Otro instante clave se da en la relación con los editores. Vivo un aprendizaje continuo con ellos, he tenido la suerte de que mis libros hayan pasado por las manos de maestros de esa difícil profesión -siempre tan puesta en tela de juicio-.
En mi experiencia lo más importante es no ver en el editor a un intruso sino esa “otra mirada” que con mayor distanciamiento permite encausar las trampas que nos suele hacer la pasión. El mejor editor es el que propicia la discusión provechosa, donde cada uno defiende pródigamente sus valoraciones y al final sólo queda compartir la complicidad con el libro. Me agrada el editor que se me oponga, aquel que me haga superarme, siempre he creído con sinceridad que si desaparece la contraparte mueren infinitas posibilidades de dotar de nuevas dimensiones el texto.

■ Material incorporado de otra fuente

//! Where the random draws of passes come from.

ghost use Rattle.std.specs.Prelude.{◌≡◌, ◌⊎◌, vec_len, Some, IfOk, IfErr, OnOk, OnErr};
ghost use Rattle.node_steps.specs.Refusals.{bad_words};

use node_calls::NodeFault;
use std::alloc::Global;

/// A source of random draws, from which a pass draws as many as its point needs.
pub trait WordSource {
    ghost use Rattle.std.specs.Prelude.{ℕ, List};

    // Whether it has the random draws of any pass; the next random draws, so many; and the source
    // after them.
    ghost can_draw: { Self → Type 0 };

    ghost next_words: { Self → ℕ → List ℕ };

    ghost after_words: { Self → ℕ → Self };

    /// The next random draws, so many. Where they aren't so many that is the refusal, and nothing
    /// is drawn.
    fn draw(&mut self, alloc: Global, count: u8) -> Result<Vec<u32>, NodeFault>
        requires { can_draw self.old }
        ensures words { IfOk result (λ words. words.items ≡ next_words self.old count) }
        ensures many { IfOk result (λ words. vec_len words ≡ count) }
        ensures after { OnOk result (self.new ≡ after_words self.old count) }
        ensures refused { IfErr result (λ f. (f ≡ NodeFault.OutOfMemory)
            ⊎ (bad_words count (next_words self.old count) ≡ Some f)) }
        ensures err { OnErr result (self.new ≡ self.old) };
}
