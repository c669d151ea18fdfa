//! Reading a name.

ghost use Rattle.std.specs.Prelude.{◌≡◌, ◌⊎◌, ◌↔◌, IfOk, IfErr};
ghost use Rattle.std.specs.Prelude.{IsErrOf, true, false};
ghost use Rattle.actions.specs.Names.{is_name};

use actions::{Name, NameFault};
use node_calls::NodeFault;
use std::alloc::Global;

/// The name that a text is, or the refusal.
pub fn read_name(alloc: Global, text: &str) -> Result<Name, NodeFault>
    ensures ok { IfOk result (λ n. (is_name text.now ≡ true) × (n ≡ text.now)) }
    ensures refused { IfErr result (λ f. (f ≡ NodeFault.OutOfMemory)
        ⊎ ((f ≡ NodeFault.BadName) × (is_name text.now ≡ false))) }
    ensures bad { IsErrOf result NodeFault.BadName ↔ (is_name text.now ≡ false) }
    ensures memory { IsErrOf result NodeFault.OutOfMemory → is_name text.now ≡ true }
{
    match Name::parse(alloc, text) {
        Ok(name) => Ok(name),
        Err(NameFault::BadName) => Err(NodeFault::BadName),
        Err(NameFault::OutOfMemory) => Err(NodeFault::OutOfMemory),
    }
}
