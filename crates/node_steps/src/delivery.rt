//! What a message says to the node that it is delivered to.

ghost use Rattle.std.specs.Prelude.{◌≡◌, ◌⊎◌, ◌≤◌, ◌*◌, ◌^◌, ◌==◌, ◌&&◌, [], map, IfOk, IfErr};
ghost use Rattle.std.specs.Prelude.{OnOk, IsOk, IsErrOf, Some, Ok, MatchOption};
ghost use Rattle.std.specs.List.{flat_map, list_any};
ghost use Rattle.std.specs.Ordering.{is_gt};
ghost use Rattle.stamp_register.specs.Keys.{key_value};
ghost use Rattle.replica_state.specs.Folds.{clock_of};
ghost use Rattle.replica_state.specs.Points.{order_to_held};
ghost use Rattle.node_steps.specs.Replicas.{state_in, point_held};
ghost use Rattle.operations.specs.Operations.{count_at};
ghost use Rattle.replica_state.specs.Unions.{key_order, number_both};
ghost use Rattle.message_format.specs.Messages.{entry_value, message_value, operations_of, operations_in};
ghost use Rattle.message_format.specs.Reading.{header_of};
ghost use Rattle.message_format.specs.Spelling.{IsMessage};
ghost use Rattle.node_calls.specs.Asks.{message_of, message_read};
ghost use Rattle.node_steps.specs.Refusals.{bad_message, wire_refusal, says_more};
ghost use Rattle.node_steps.specs.Received.{ahead_by, are_hits_ahead, are_execs_ahead, terms_both};
ghost use Rattle.node_steps.specs.Received.{are_shifts_ahead, are_grants_ahead, are_overspent};
ghost use Rattle.node_steps.specs.Received.{execs_both, granted_both, is_overspent_below};

use crate::replica::State;
use actions::{Actions, Name};
use message_format::{Message, NameEntry, WireFault, decode};
use node_calls::NodeFault;
use replica_state::{PointReader, Replica, Slot};
use stamp_register::Key;
use std::alloc::Global;
use std::cmp::Ordering;

/// What a node accepts: a message, the greatest clock of its keys, and the replica that knows just
/// what it tells.
#[derive(Debug, Drop)]
pub struct Delivery {
    pub message: Message,
    pub clock: u64,
    pub received: State,
}

/// How a node refuses bytes that are refused so.
fn refusal_for(fault: WireFault) -> NodeFault
    ensures { result ≡ wire_refusal fault }
{
    match fault {
        WireFault::OutOfMemory => NodeFault::OutOfMemory,
        fault => NodeFault::BadMessage(fault),
    }
}

/// The message that bytes are, or the refusal.
pub fn read_message(alloc: Global, nodes: u8, bytes: &[u8]) -> Result<Message, NodeFault>
    ensures ok { IfOk result (λ m. message_read nodes bytes.now ≡ Ok (message_of (message_value m))) }
    ensures spelled { IfOk result (λ m. IsMessage nodes (message_value m)) }
    ensures refused { IfErr result (λ f. (f ≡ NodeFault.OutOfMemory)
        ⊎ (bad_message (message_read nodes bytes.now) ≡ Some f)) }
    ensures header { OnOk result (IsOk (header_of nodes bytes.now)) }
    ensures memory { IsErrOf result NodeFault.OutOfMemory → IsOk (header_of nodes bytes.now) }
{
    match decode(alloc, nodes, bytes) {
        Ok(message) => Ok(message),
        Err(fault) => Err(refusal_for(fault)),
    }
}

/// How a key that is told stands to the one that is held.
fn order_to_held(held: PointReader<Slot>, key: &Key) -> Ordering
    ensures { result ≡ order_to_held (key_value key.now) (point_held held.entry).key }
{
    match held.key() {
        Some(held) => key.cmp(held),
        None => Ordering::Greater,
    }
}

/// Whether a message's key is one that this node set and doesn't know itself. `order` compares it with the
/// held one.
fn is_key_ahead(order: Ordering, me: u8, setter: u8) -> bool
    ensures { result ≡ (setter == me && is_gt order) }
{
    setter == me && order == Ordering::Greater
}

/// Whether a number of a node's own that is told under a key which stands so is above what the
/// node knows itself.
fn is_number_ahead(order: Ordering, own: u64, other: u64) -> bool
    ensures { result ≡ ahead_by order own other }
{
    match order {
        Ordering::Less => false,
        Ordering::Equal => own < other,
        Ordering::Greater => true,
    }
}

/// Whether more hits of a node's own are told than it knows itself.
fn are_hits_ahead(held: PointReader<Slot>, me: u8, hits: &[(u8, u64)]) -> bool
    ensures { result ≡ are_hits_ahead me (point_held held.entry) hits.now }
{
    hits.iter()
        .any(|(node, number)| *node == me && held.hits(me) < *number)
}

/// Whether more executions of a node's own are told, under a key that stands so, than it knows
/// itself.
fn are_execs_ahead(
    held: PointReader<Slot>,
    me: u8,
    order: Ordering,
    execs: &[(u8, u8, u64)],
) -> bool
    ensures { result ≡ are_execs_ahead me (point_held held.entry) order execs.now }
{
    execs.iter().any(|(term, node, number)| *node == me
        && is_number_ahead(order, held.exec(*term, me), *number))
}

/// Whether it is told that a node moved more rights, under a key that stands so, than it knows
/// itself.
fn are_shifts_ahead(
    held: PointReader<Slot>,
    me: u8,
    order: Ordering,
    shifts: &[(u8, u8, u8, u64)],
) -> bool
    ensures { result ≡ are_shifts_ahead me (point_held held.entry) order shifts.now }
{
    shifts.iter().any(|(term, from, to, number)| *from == me
        && is_number_ahead(order, held.moved(*term, me, *to), *number))
}

/// Whether it is told that a node granted itself more rights, under a key that stands so, than it
/// knows itself.
fn are_grants_ahead(
    held: PointReader<Slot>,
    me: u8,
    order: Ordering,
    grants: &[(u8, u8, u64)],
) -> bool
    ensures { result ≡ are_grants_ahead me (point_held held.entry) order grants.now }
{
    grants.iter().any(|(term, node, number)| *node == me
        && is_number_ahead(order, held.granted(*term, me), *number))
}

/// Whether an entry says more of this node than it knows itself.
fn is_entry_ahead(state: &State, me: u8, entry: &NameEntry) -> bool
    ensures { result ≡ says_more me (state_in state.now) (operations_of (entry_value entry.now)) }
{
    let held = state.point(&entry.name);
    let order = order_to_held(held, &entry.key);
    if is_key_ahead(order, me, entry.key.node) {
        return true;
    }
    if are_hits_ahead(held, me, &entry.hits) {
        return true;
    }
    if are_execs_ahead(held, me, order, &entry.execs) {
        return true;
    }
    if are_shifts_ahead(held, me, order, &entry.shifts) {
        return true;
    }
    are_grants_ahead(held, me, order, &entry.grants)
}

/// Whether one of the entries says more of this node than it knows itself.
fn is_any_ahead(state: &State, me: u8, entries: &[NameEntry]) -> bool
    ensures { result
        ≡ list_any (λ e. says_more me (state_in state.now) (operations_of (entry_value e))) entries.now }
{
    entries.iter().any(|entry| is_entry_ahead(state, me, entry))
}

/// Whether a message says more of this node than it knows itself.
pub fn is_message_ahead(state: &State, me: u8, message: &Message) -> bool
    ensures { result ≡ says_more me (state_in state.now) (operations_in (message_value message.now)) }
{
    is_any_ahead(state, me, &message.entries)
}

/// The greatest clock that entries tell.
pub fn latest_clock(entries: &[NameEntry]) -> u64
    ensures { result ≡ clock_of (flat_map operations_of (map entry_value entries.now)) }
{
    let mut clock = 0u64;
    for entry in entries {
        clock = entry.key.clock.max(clock);
    }
    clock
}

/// How the key that another state holds of a name stands to the one that is held here.
fn key_order(held: PointReader<Slot>, received: PointReader<Slot>) -> Ordering
    ensures { result ≡ key_order (point_held received.entry).key (point_held held.entry).key }
{
    if let Some(key) = received.key() {
        return order_to_held(held, key);
    }
    match held.key() {
        Some(_) => Ordering::Less,
        None => Ordering::Equal,
    }
}

/// A number once both states are one, where the key that is told stands so.
fn number_both(order: Ordering, held: u64, other: u64) -> u64
    ensures { result ≡ number_both order held other }
{
    match order {
        Ordering::Less => held,
        Ordering::Equal => held.max(other),
        Ordering::Greater => other,
    }
}

/// The executions of a term at all nodes once both states are one, where the key that is told
/// stands so.
fn execs_both(
    nodes: u8,
    order: Ordering,
    held: PointReader<Slot>,
    received: PointReader<Slot>,
    term: u8,
) -> u128
    ensures { result
        ≡ execs_both nodes order (point_held held.entry) (point_held received.entry) term }
{
    let own = held.term(term);
    let other = received.term(term);
    let mut sum = 0u128;
    for node in 0..nodes {
        let both = number_both(order, own.exec(node), other.exec(node));
        sum += u128::from(both);
    }
    sum
}

/// What all nodes granted themselves of a term once both states are one, where the key that is told
/// stands so.
fn granted_both(
    nodes: u8,
    order: Ordering,
    held: PointReader<Slot>,
    received: PointReader<Slot>,
    term: u8,
) -> u128
    ensures value { result
        ≡ granted_both nodes order (point_held held.entry) (point_held received.entry) term }
    ensures small { result ≤ nodes * 2 ^ 64 }
{
    let own = held.term(term);
    let other = received.term(term);
    let mut sum = 0u128;
    for node in 0..nodes {
        let both = number_both(order, own.granted(node), other.granted(node));
        sum += u128::from(both);
    }
    sum
}

/// Whether one of these terms would be executed more often than it is counted and granted. What was
/// granted is added up only where more is executed than counted.
fn is_term_overspent(
    nodes: u8,
    order: Ordering,
    held: PointReader<Slot>,
    received: PointReader<Slot>,
    actions: &Actions,
) -> bool
    ensures { result ≡ are_overspent nodes order
        (point_held held.entry) (point_held received.entry) actions.now }
{
    for term in 0..actions.len() {
        if let Some(count) = count_at(actions, term as u8) {
            let spent = execs_both(nodes, order, held, received, term as u8);
            let count = u128::from(count);
            if spent > count
                && spent > count + granted_both(nodes, order, held, received, term as u8)
            {
                return true;
            }
        }
    }
    false
}

/// What a point is set to once both states are one, if it is set.
fn actions_both<'a>(
    order: Ordering,
    held: PointReader<'a, Slot>,
    received: PointReader<'a, Slot>,
) -> Option<&'a Actions>
    ensures { MatchOption result
        (terms_both order (point_held held.entry) (point_held received.entry) ≡ [])
        (λ a. terms_both order (point_held held.entry) (point_held received.entry) ≡ a.now) }
{
    let holder = match order {
        Ordering::Less => held,
        Ordering::Equal | Ordering::Greater => received,
    };
    holder.key()?.actions()
}

/// Whether a name would have a term that is executed more often than it is counted and granted.
fn is_name_overspent(nodes: u8, state: &State, received: &State, name: &Name) -> bool
    ensures { result ≡ is_overspent_below nodes (state_in state.now) (state_in received.now) name.now }
{
    let held = state.point(name);
    let received = received.point(name);
    let order = key_order(held, received);
    match actions_both(order, held, received) {
        Some(actions) => is_term_overspent(nodes, order, held, received, actions),
        None => false,
    }
}

/// The count of a term, if there is that term and it is counted.
fn count_at(actions: &Actions, term: u8) -> Option<u64>
    ensures { result ≡ count_at actions.now term }
{
    match actions.term(term) {
        Some(found) => found.count,
        None => None,
    }
}

/// Whether one of the names that a message tells of would have a term that is executed more often
/// than it is counted and granted.
pub fn is_any_overspent(nodes: u8, state: &State, received: &State, entries: &[NameEntry]) -> bool
    ensures { result ≡ list_any
        (λ e. is_overspent_below nodes (state_in state.now) (state_in received.now) e.name) entries.now }
{
    entries.iter().any(|entry| is_name_overspent(nodes, state, received, &entry.name))
}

En la literatura infantil, otra mirada que resulta determinante es la de los ilustradores. Esta relación resulta bastante complicada en mi caso, pues me considero ese tipo de escritor –irresistible supongo- que ve más allá de las letras.
Cuando escribo me asaltan las imágenes que deben acompañar al libro, creo conceptos, y hasta en los aspectos relacionados con el diseño “siento” que debo intervenir. Alguna que otra vez se me han facilitado las cosas y en muchas otras he contemplado los toros desde las barreras (la posición más difícil para mí). A lo mejor sea un error pero hasta el momento y sin faltar a la verdad me complace más el resultado cuando estoy dentro de la batalla. Sin embargo, la verdad llama a la puerta, no siempre se puede lograr esa relación y a veces hasta se generan conflictos. Por tanto me he prometido interesarme más por la escritura y dar mayor libertad a quienes ilustran: vamos a ver cuánto dura tal decisión.
Por último, la opinión definitoria es la de los propios lectores. Creo que es el más sagrado de los criterios a seguir. Pienso incluso que el escritor de literatura infantil debe, parafraseando a Saint Exúpery en su concepto del amor, “escribir con los ojos puestos a donde miran
los niños”.
¿HACIA DÓNDE MIRAN LOS NIÑOS?
La literatura infantil cubana ha puesto sus ojos en temas contemporáneos, casi subversivos para el gusto de los mayores de edad, pero vitales para los niños, necesitados de oír hablar sobre esas cosas. La infancia de hoy es transgresora. Tiene una capacidad de movimiento que nos hace bien difícil ‘estar sobre la pista’ de lo que piensa.
No todo lo que trata esos temas es bueno. Hay en algunos casos mucho de moda o, peor, de oportunismo, de comercialismo basado en ciertas fórmulas tremebundo marketing, donde predomina la sumatoria de calamidades, de traumas, como combinación facilista para alcanzar un cuestionable y a la larga vano éxito.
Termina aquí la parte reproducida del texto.